**EXERCISE**
Which of the lines below contain the string "FilesError"? Copy each one.

**RECORDS FOR THE TASK**
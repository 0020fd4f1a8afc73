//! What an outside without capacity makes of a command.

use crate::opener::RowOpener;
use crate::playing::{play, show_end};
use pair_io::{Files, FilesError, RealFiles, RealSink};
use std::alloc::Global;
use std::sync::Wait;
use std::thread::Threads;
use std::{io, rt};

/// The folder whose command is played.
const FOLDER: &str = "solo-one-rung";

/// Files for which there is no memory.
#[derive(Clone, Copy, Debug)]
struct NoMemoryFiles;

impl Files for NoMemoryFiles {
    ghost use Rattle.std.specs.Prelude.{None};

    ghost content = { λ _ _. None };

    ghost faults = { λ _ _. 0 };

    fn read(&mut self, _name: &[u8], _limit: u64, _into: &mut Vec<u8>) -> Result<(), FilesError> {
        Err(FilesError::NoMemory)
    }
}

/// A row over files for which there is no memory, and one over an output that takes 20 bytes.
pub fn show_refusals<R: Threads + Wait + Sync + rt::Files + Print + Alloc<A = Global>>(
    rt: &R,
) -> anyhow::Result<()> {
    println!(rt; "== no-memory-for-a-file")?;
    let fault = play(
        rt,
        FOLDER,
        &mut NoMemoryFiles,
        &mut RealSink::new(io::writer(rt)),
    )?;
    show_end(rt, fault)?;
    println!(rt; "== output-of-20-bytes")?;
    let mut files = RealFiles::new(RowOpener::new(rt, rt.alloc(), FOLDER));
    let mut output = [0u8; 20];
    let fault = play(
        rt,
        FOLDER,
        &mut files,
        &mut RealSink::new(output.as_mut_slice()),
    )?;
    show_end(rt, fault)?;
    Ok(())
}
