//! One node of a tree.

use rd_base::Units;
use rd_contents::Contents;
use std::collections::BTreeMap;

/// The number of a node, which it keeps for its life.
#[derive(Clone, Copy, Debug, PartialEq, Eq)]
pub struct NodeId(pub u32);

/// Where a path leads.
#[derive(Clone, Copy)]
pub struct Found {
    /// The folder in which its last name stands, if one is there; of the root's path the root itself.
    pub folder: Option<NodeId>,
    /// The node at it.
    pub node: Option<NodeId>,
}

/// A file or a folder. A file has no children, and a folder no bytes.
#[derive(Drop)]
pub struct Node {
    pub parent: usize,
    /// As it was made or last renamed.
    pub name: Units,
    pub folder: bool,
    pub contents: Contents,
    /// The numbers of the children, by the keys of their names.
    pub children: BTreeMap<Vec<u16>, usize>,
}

**RESPONSE BOX**
use pair_io::{Files, FilesError, RealFiles, RealSink};
    fn read(&mut self, _name: &[u8], _limit: u64, _into: &mut Vec<u8>) -> Result<(), FilesError> {
        Err(FilesError::NoMemory)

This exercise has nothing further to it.